From the line with "room past channel" to the line with "(item : Item)", retype every line exactly, including those two, and leave out the rest of the data below.
Segment Start: The data
// The words of the protocol that every crate shares.
//
// The definitions in `specs/` say what numbers, packets, payloads, classes and worlds are, and the
// plain enums below are spoken by definitions and code alike, so no crate maps one to the other.
// It stands on nothing, has no logic of its own, and changes seldom: the crates that implement a
// part cite it, and hand its enums on.
#![tactic(auto)]

pub mod laws;
pub mod limits;

/// The packet's version, which both ends of a connection share.
///
/// Version one has acknowledgements among a packet's entries. Version two has a history of the
/// packets taken in the head of each packet, after Unreal's packet notification.
#[derive(Clone, Copy, Debug, PartialEq, Eq)]
pub enum Version {
    One,
    Two,
}

/// Where a bunch stands in its payload.
///
/// `Lone` is spelled as first and last at once, and is refused wherever it arrives.
#[derive(Clone, Copy, Debug, PartialEq, Eq)]
pub enum Part {
    Whole,
    First,
    Middle,
    Last,
    Lone,
}

/// Why a packed number is refused.
#[derive(Clone, Copy, Debug, PartialEq, Eq)]
pub enum NumRefusal {
    /// A group that is needed isn't whole.
    Short,
    /// The spelling isn't the shortest one, or the number isn't below 2^32.
    Padded,
}

/// The rule of the packet's grammar that bytes break.
#[derive(Clone, Copy, Debug, PartialEq, Eq)]
pub enum Why {
    /// There are no bytes.
    Empty,
    /// There are more than 1,024 bytes.
    TooLong,
    /// The last byte is 0, so there is no end bit.
    NoEnd,
    /// A control bunch neither opens nor closes, or does both.
    Control,
    /// A reserved bit is 1.
    Reserved,
    /// A bunch that opens is unreliable.
    OpenUnreliable,
    /// A bunch that closes is unreliable.
    CloseUnreliable,
    /// A bunch that doesn't open has exports.
    ExportsUnopened,
    /// A part of a payload is unreliable.
    PartialUnreliable,
    /// The kind of a reliable bunch is neither 1 nor 2.
    BadKind,
    /// A field isn't whole.
    Short,
    /// A packed channel isn't spelled in the shortest way. In version two alone.
    Padded,
    /// A channel is 32,768 or more. In version two alone.
    Wide,
}

/// Why a part of a payload doesn't join those before it.
#[derive(Clone, Copy, Debug, PartialEq, Eq)]
pub enum PartWhy {
    /// It has more than 7,000 bits.
    Oversize,
    /// It is marked as first and last at once.
    Lone,
    /// A part closes the channel.
    Flags,
    /// A first part comes while one is kept.
    Restart,
    /// A whole reliable bunch comes while a first part is kept.
    Inside,
    /// A middle or last part comes while no first part is kept.
    NoFirst,
    /// A middle or last part opens the channel.
    Opens,
    /// A first or middle part hasn't 7,000 bits, or a last part has none.
    FewBits,
    /// It is the eleventh part.
    TooMany,
}

/// Why a datagram closes its connection.
#[derive(Clone, Copy, Debug, PartialEq, Eq)]
pub enum Cause {
    /// A packet is acknowledged that wasn't sent; `sent` is the last one that was.
    BadAck { acked: i64, sent: u64 },
    /// A bunch has no place on its channel.
    BadChannel { channel: u16 },
    /// A part doesn't join those before it.
    BadPart { channel: u16, why: PartWhy },
    /// A payload breaks a rule at this bit.
    BadPayload { channel: u16, at: usize },
    /// A guid is named that isn't known.
    UnknownGuid { guid: u32 },
    /// A guid is told with another meaning than before.
    Clash { guid: u32 },
    /// 512 bunches are held already.
    Overrun { channel: u16 },
    /// 65,536 names are known already.
    NamesFull,
    /// 8,192 copies are held already.
    ActorsFull,
}

/// What an end says of a datagram.
#[derive(Clone, Copy, Debug, PartialEq, Eq)]
pub enum Verdict {
    /// It is a new packet, and each of its entries was taken.
    Taken { number: u64 },
    /// It is no packet: the first broken rule, and the bit where it is broken.
    Malformed { at: usize, why: Why },
    /// Its number isn't above the last one taken.
    Old { number: i64, last: u64 },
    /// An entry broke a rule, and the connection is closed.
    Closed(Cause),
    /// The end was dead before.
    Dead,
}

/// What is known of a packet that was sent.
#[derive(Clone, Copy, Debug, PartialEq, Eq)]
pub enum Fate {
    Open,
    Arrived,
    Lost,
}

/// When a property is replicated, after Unreal's `ELifetimeCondition`.
#[derive(Clone, Copy, Debug, PartialEq, Eq)]
pub enum Cond {
    Always,
    InitialOnly,
    OwnerOnly,
    SkipOwner,
    InitialOrOwner,
    /// While the actor's switch for the property is on.
    Custom,
}

/// Which whole numbers a value may be, and how they are spelled.
#[derive(Clone, Copy, Debug, PartialEq, Eq)]
pub enum Kind {
    Bool,
    U8,
    I32,
    U32,
    I64,
    /// 0 up to this many less one.
    Enum(u16),
    Packed,
    Guid,
    /// At most so many bytes; of arguments alone.
    Bytes(u16),
}

/// To whom an actor of a class is relevant, before any exception for its owner or its team.
#[derive(Clone, Copy, Debug, PartialEq, Eq)]
pub enum Reach {
    Always,
    /// To viewers at most this far away.
    Near(u32),
    Owner,
}

/// Which way a call goes.
#[derive(Clone, Copy, Debug, PartialEq, Eq)]
pub enum Way {
    /// From the owning client to the server.
    Server,
    /// From the server to the owning client.
    Client,
    /// From the server to each client.
    Multicast,
}

/// How a call is answered by the end that makes it.
#[derive(Clone, Copy, Debug, PartialEq, Eq)]
pub enum CallAnswer {
    Queued,
    Dead,
    NotOpen,
    NotOwner,
    WindowFull,
}

/// What is to be done with a call that was handed over.
#[derive(Clone, Copy, Debug, PartialEq, Eq)]
pub enum CallVerdict {
    Run,
    NotOwner,
    Stale,
}

/// Why a line of a script is refused, in the order in which the reasons are looked for.
#[derive(Clone, Copy, Debug, PartialEq, Eq)]
pub enum LineWhy {
    /// The line has over 16,384 bytes, or the script over 67,108,864.
    TooLong,
    /// A byte isn't ASCII.
    NotText,
    /// No line has this word, number of fields or spelling.
    Shape,
    /// The line has no place in a live script.
    Place,
    /// A number is out of range.
    Range,
    /// The player hasn't joined.
    NoPlayer,
    /// The player joined before.
    Taken,
    /// There is no class of that name.
    NoClass,
    /// The actor was never spawned, or is destroyed.
    NoActor,
    /// There is no such property or call.
    NoName,
    /// The call goes the other way.
    Kind,
    /// A value or an argument isn't one of its kind.
    Value,
    /// It is the 65th join or the 8,193rd spawn.
    Full,
}
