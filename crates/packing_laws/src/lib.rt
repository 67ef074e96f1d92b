// Laws of packing: what the packets of a tick leave as it was, and what is packed as it begins.
//
// A tick is defined over the past before its packets: which bunches are due, which channels have
// room, what the head tells. An end that packs has begun packets by then, and has made bunches
// besides. These laws say that it may ask either past:
//
//     tick begins        offers ..                          tick ends
//     | acks, one packet | item item | item item item | ..   | sent
//                          \_ asks the past, or the past as if all so far were sent
//
// It stands on `connection_model`, whose definitions it speaks of, and on `connection_laws` and
// `protocol_laws` for lemmas. Each function does nothing, and its contract is the law; `proofs/`
// has the lemmas, which the crates of an end use by themselves: packets sent behind a past
// (`Sendings`), the packets of a tick under way (`Packings`), its beginning (`Beginnings`) and
// bunches made meanwhile (`Making`). It knows no code.
//
// A caller's proof, where a channel's room is asked of the past with the packets begun:
//
//     room_behind past sent sendings channel : room (sent ++ past) channel ≡ room past channel
#![tactic(auto)]

ghost use Rattle.std.specs.Prelude.{◌≡◌, ◌≤◌, ◌<◌, ◌++◌, ℕ, List, filter_map};
ghost use Rattle.protocol_model.specs.Limits.{unresolved_limit};
ghost use Rattle.protocol_model.specs.Payload.{Message};
ghost use Rattle.protocol_model.specs.Sight.{Seen};
ghost use Rattle.protocol_model.specs.declared.Version.{Version};
ghost use Rattle.connection_model.specs.Bunches.{has_arrived, span, room, after_making};
ghost use Rattle.connection_model.specs.CallAnswers.{waiting_of};
ghost use Rattle.connection_model.specs.Fates.{head_of, unresolved_count};
ghost use Rattle.connection_model.specs.Feed.{End, Past, Item};
ghost use Rattle.connection_model.specs.Items.{due_items, call_item, first_items};
ghost use Rattle.connection_model.specs.Pack.{Packing, after_offer};
ghost use Rattle.connection_model.specs.State.{state_of, index_of, free_index};
ghost use Rattle.packing_laws.specs.Sendings.{AreSendings};
ghost use Rattle.packing_laws.specs.Beginning.{beginning, begun, ticked, nothing_packed, after_offers};

/// Packets that carry no bunch that has arrived change nothing that a tick asks of its past.
pub fn sendings_change_nothing()
    ensures arrived { (past sent : Past) (ch n : ℕ) → AreSendings past sent
        → has_arrived (sent ++ past) ch n ≡ has_arrived past ch n }
    ensures span { (past sent : Past) (ch : ℕ) → AreSendings past sent
        → span (sent ++ past) ch ≡ span past ch }
    ensures room { (past sent : Past) (ch : ℕ) → AreSendings past sent
        → room (sent ++ past) ch ≡ room past ch }
    ensures state { (past sent : Past) (a : ℕ) → AreSendings past sent
        → state_of (sent ++ past) a ≡ state_of past a }
    ensures index { (past sent : Past) (a : ℕ) → AreSendings past sent
        → index_of (sent ++ past) a ≡ index_of past a }
    ensures free { (past sent : Past) → AreSendings past sent
        → free_index (sent ++ past) ≡ free_index past }
    ensures head { (v : Version) (past sent : Past) → AreSendings past sent
        → head_of v (sent ++ past) ≡ head_of v past }
{}

/// An offer asks of its past no more than its head and how many packets are open.
pub fn offer_asks_little()
    ensures { (end : End) (p : Packing) (past : Past) (item : Item)
        → head_of end.version past ≡ head_of end.version p.past
        → unresolved_count past ≡ unresolved_count p.past
        → after_offer end (record p { past = past }) item
        ≡ record (after_offer end p item) { past = past } }
{}

/// All acknowledgements owed stand in one packet, the first.
pub fn beginning_is()
    ensures { (end : End) (past : Past) (sight : List Seen) → 1 ≤ end.budget
        → unresolved_count past < unresolved_limit
        → beginning end past sight ≡ begun end past sight }
{}

/// Bunches made while a tick packs change no head and no count of open packets, and so no offer.
pub fn making_changes_no_offer()
    ensures head { (v : Version) (past : Past) (ch : ℕ) (message : Message)
        → head_of v (after_making past ch message) ≡ head_of v past }
    ensures open_packets { (past : Past) (ch : ℕ) (message : Message)
        → unresolved_count (after_making past ch message) ≡ unresolved_count past }
    ensures offers { (end : End) (before now : Past) (sight : List Seen)
        → head_of end.version now ≡ head_of end.version (ticked before sight)
        → unresolved_count now ≡ unresolved_count (ticked before sight)
        → after_offers end (nothing_packed now) (first_items end before now)
        ≡ after_offers end (record (beginning end before sight) { past = now })
        (due_items now ++ filter_map (call_item end.side now) (waiting_of before)) }
{}
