ghost use Rattle.std.specs.Prelude.{◌≡◌, pos, refl};
ghost use Rattle.std.specs.Cmp.{eq_by_cmp_equiv, partial_equiv_from_equiv, po};
ghost use Rattle.std.specs.Ordering.{eq_by_cmp};
ghost use Rattle.std.specs.declared.option.Option.TheVariants.{Some};
ghost use Rattle.par_rows.specs.Order.{value_cmp, value_told, value_total};
ghost use Rattle.par_rows.specs.Hash.{value_hash};
ghost use Rattle.par_rows.specs.declared.value.Value.TheVariants.{Int};

use par_laws::{HashKey, Keep, Memory, Shown, Words};
use std::alloc::Global;
use std::cmp::Ordering;

/// What a row holds at a place.
#[derive(Debug, Drop)]
pub enum Value {
    /// A number of 64 bits.
    Int(i64),
    /// A text.
    Text(Words),
}

/// The number 0.
impl Default for Value {
    ghost is_default = { λ v. v ≡ Int (pos 0) };

    fn default() -> Value {
        Value::Int(0)
    }
}

impl Shown for Value {
    type Value = Value;

    ghost shown = { λ x. x };
}

impl PartialEq for Value {
    ghost eq = { eq_by_cmp value_cmp };

    ghost laws = { partial_equiv_from_equiv (eq_by_cmp_equiv value_total) };

    fn eq(&self, other: &Value) -> bool {
        self.cmp(other) == Ordering::Equal
    }
}

impl Eq for Value {
    ghost laws = { eq_by_cmp_equiv value_total };
}

impl PartialOrd for Value {
    ghost partial_cmp = { λ a b. Some (value_cmp a b) };

    ghost laws = { po value_total (λ _ _. refl) };

    fn partial_cmp(&self, other: &Value) -> Option<Ordering> {
        Some(self.cmp(other))
    }
}

/// Numbers by value and before texts, texts by their bytes.
impl Ord for Value {
    ghost cmp = { value_cmp };

    ghost total = { value_total };

    ghost matches_partial_cmp = { λ _ _. refl };

    ghost matches_eq = { λ _ _. refl };

    fn cmp(&self, other: &Value) -> Ordering {
        match (self, other) {
            (Value::Int(a), Value::Int(b)) => a.cmp(b),
            (Value::Text(a), Value::Text(b)) => a.cmp(b),
            (Value::Int(_), Value::Text(_)) => Ordering::Less,
            (Value::Text(_), Value::Int(_)) => Ordering::Greater,
        }
    }
}

/// Takes memory for a text alone.
impl Keep for Value {
    fn copy(&self, alloc: Global) -> Result<Value, Memory> {
        match self {
            Value::Int(number) => Ok(Value::Int(*number)),
            Value::Text(text) => Ok(Value::Text(text.copy(alloc)?)),
        }
    }
}

/// The hash of the number or of the text.
impl HashKey for Value {
    ghost order = { value_cmp };

    ghost hash = { value_hash };

    ghost ordered = { λ _ _. refl };

    ghost order_total = { value_total };

    ghost told = { value_told };

    fn hash32(&self) -> u32 {
        match self {
            Value::Int(number) => number.hash32(),
            Value::Text(text) => text.hash32(),
        }
    }
}
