ghost use Rattle.std.specs.Prelude.{◌≡◌, ◌∷◌, ◌++◌, [], refl, IfOk, is_ok, if◌then◌else◌, option_copied, slice_get};
ghost use Rattle.std.specs.Cmp.{eq_by_cmp_equiv, partial_equiv_from_equiv, po};
ghost use Rattle.std.specs.Ordering.{eq_by_cmp};
ghost use Rattle.std.specs.declared.option.Option.TheVariants.{Some};
ghost use Rattle.par_rows.specs.Order.{row_cmp, row_told, row_total};
ghost use Rattle.par_rows.specs.Hash.{row_hash};

use crate::value::Value;
use par_laws::{HashKey, Keep, Memory, Shown};
use smallvec::SmallVec;
use std::alloc::Global;
use std::cmp::Ordering;
use std::marker::Model;

/// The values of a row. Contracts see the list of them. One value lies in the row itself, more of them in an allocation.
#[derive(Debug, Drop)]
pub struct Values {
    items: SmallVec<Value, 1>,
}

impl Model for Values {
    ghost use Rattle.std.specs.Prelude.{List};
    ghost use Rattle.par_rows.specs.declared.value.Value.{Value as OneValue};

    ghost Value = { List OneValue };

    ghost view = { λ v. v.items.items };
}

impl Values {
    /// No values, with room for so many. Takes memory where `count` is above 1.
    pub fn with_room(alloc: Global, count: usize) -> Result<Values, Memory>
        ensures { IfOk result (λ values. values ≡ []) }
    {
        let items = SmallVec::with_capacity(alloc, count)?;
        Ok(Values { items })
    }

    /// Adds a value at the end; where memory is wanting, the value is dropped and the list stays as it was. Takes no
    /// memory within the room.
    pub fn push(&mut self, value: Value) -> Result<(), Memory>
        ensures { self.new ≡ (if is_ok result then self.old ++ value ∷ [] else self.old) }
    {
        self.items.push(value)?;
        Ok(())
    }

    /// The values, in order. Constant.
    pub fn as_slice(&self) -> &[Value]
        ensures { result.now ≡ self.now }
    {
        self.items.as_slice()
    }

    /// The value at a place, if there is one. Constant.
    pub fn get(&self, place: usize) -> Option<&Value>
        ensures { option_copied result ≡ slice_get self.now place }
    {
        self.items.as_slice().get(place)
    }
}

/// A row: a value for each column.
#[derive(Debug, Drop)]
pub struct Row {
    pub values: Values,
}

impl Shown for Row {
    type Value = Row;

    ghost shown = { λ x. x };
}

impl PartialEq for Row {
    ghost eq = { eq_by_cmp row_cmp };

    ghost laws = { partial_equiv_from_equiv (eq_by_cmp_equiv row_total) };

    fn eq(&self, other: &Row) -> bool {
        self.cmp(other) == Ordering::Equal
    }
}

impl Eq for Row {
    ghost laws = { eq_by_cmp_equiv row_total };
}

impl PartialOrd for Row {
    ghost partial_cmp = { λ a b. Some (row_cmp a b) };

    ghost laws = { po row_total (λ _ _. refl) };

    fn partial_cmp(&self, other: &Row) -> Option<Ordering> {
        Some(self.cmp(other))
    }
}

/// By the first place at which two rows differ; a row comes before one that it begins.
impl Ord for Row {
    ghost cmp = { row_cmp };

    ghost total = { row_total };

    ghost matches_partial_cmp = { λ _ _. refl };

    ghost matches_eq = { λ _ _. refl };

    fn cmp(&self, other: &Row) -> Ordering {
        self.values.as_slice().cmp(other.values.as_slice())
    }
}

/// Takes memory for just its values and their texts.
impl Keep for Row {
    fn copy(&self, alloc: Global) -> Result<Row, Memory> {
        let source = self.values.as_slice();
        let mut values = Values::with_room(alloc, source.len())?;
        for value in source {
            values.push(value.copy(alloc)?)?;
        }
        Ok(Row { values })
    }
}

/// From 0, each value makes it 31 times the hash and the value's hash, modulo 2^32.
impl HashKey for Row {
    ghost order = { row_cmp };

    ghost hash = { row_hash };

    ghost ordered = { λ _ _. refl };

    ghost order_total = { row_total };

    ghost told = { row_told };

    fn hash32(&self) -> u32 {
        let mut hash = 0u32;
        for value in self.values.as_slice() {
            hash = hash.wrapping_mul(31).wrapping_add(value.hash32());
        }
        hash
    }
}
Segment End: The data
= Finished exercise =
//     room_behind past sent sendings channel : room (sent ++ past) channel ≡ room past channel
#![tactic(auto)]

ghost use Rattle.std.specs.Prelude.{◌≡◌, ◌≤◌, ◌<◌, ◌++◌, ℕ, List, filter_map};
ghost use Rattle.protocol_model.specs.Limits.{unresolved_limit};
ghost use Rattle.protocol_model.specs.Payload.{Message};
ghost use Rattle.protocol_model.specs.Sight.{Seen};
ghost use Rattle.protocol_model.specs.declared.Version.{Version};
ghost use Rattle.connection_model.specs.Bunches.{has_arrived, span, room, after_making};
ghost use Rattle.connection_model.specs.CallAnswers.{waiting_of};
ghost use Rattle.connection_model.specs.Fates.{head_of, unresolved_count};
ghost use Rattle.connection_model.specs.Feed.{End, Past, Item};
ghost use Rattle.connection_model.specs.Items.{due_items, call_item, first_items};
ghost use Rattle.connection_model.specs.Pack.{Packing, after_offer};
ghost use Rattle.connection_model.specs.State.{state_of, index_of, free_index};
ghost use Rattle.packing_laws.specs.Sendings.{AreSendings};
ghost use Rattle.packing_laws.specs.Beginning.{beginning, begun, ticked, nothing_packed, after_offers};

/// Packets that carry no bunch that has arrived change nothing that a tick asks of its past.
pub fn sendings_change_nothing()
    ensures arrived { (past sent : Past) (ch n : ℕ) → AreSendings past sent
        → has_arrived (sent ++ past) ch n ≡ has_arrived past ch n }
    ensures span { (past sent : Past) (ch : ℕ) → AreSendings past sent
        → span (sent ++ past) ch ≡ span past ch }
    ensures room { (past sent : Past) (ch : ℕ) → AreSendings past sent
        → room (sent ++ past) ch ≡ room past ch }
    ensures state { (past sent : Past) (a : ℕ) → AreSendings past sent
        → state_of (sent ++ past) a ≡ state_of past a }
    ensures index { (past sent : Past) (a : ℕ) → AreSendings past sent
        → index_of (sent ++ past) a ≡ index_of past a }
    ensures free { (past sent : Past) → AreSendings past sent
        → free_index (sent ++ past) ≡ free_index past }
    ensures head { (v : Version) (past sent : Past) → AreSendings past sent
        → head_of v (sent ++ past) ≡ head_of v past }
{}

/// An offer asks of its past no more than its head and how many packets are open.
pub fn offer_asks_little()
    ensures { (end : End) (p : Packing) (past : Past) (item : Item)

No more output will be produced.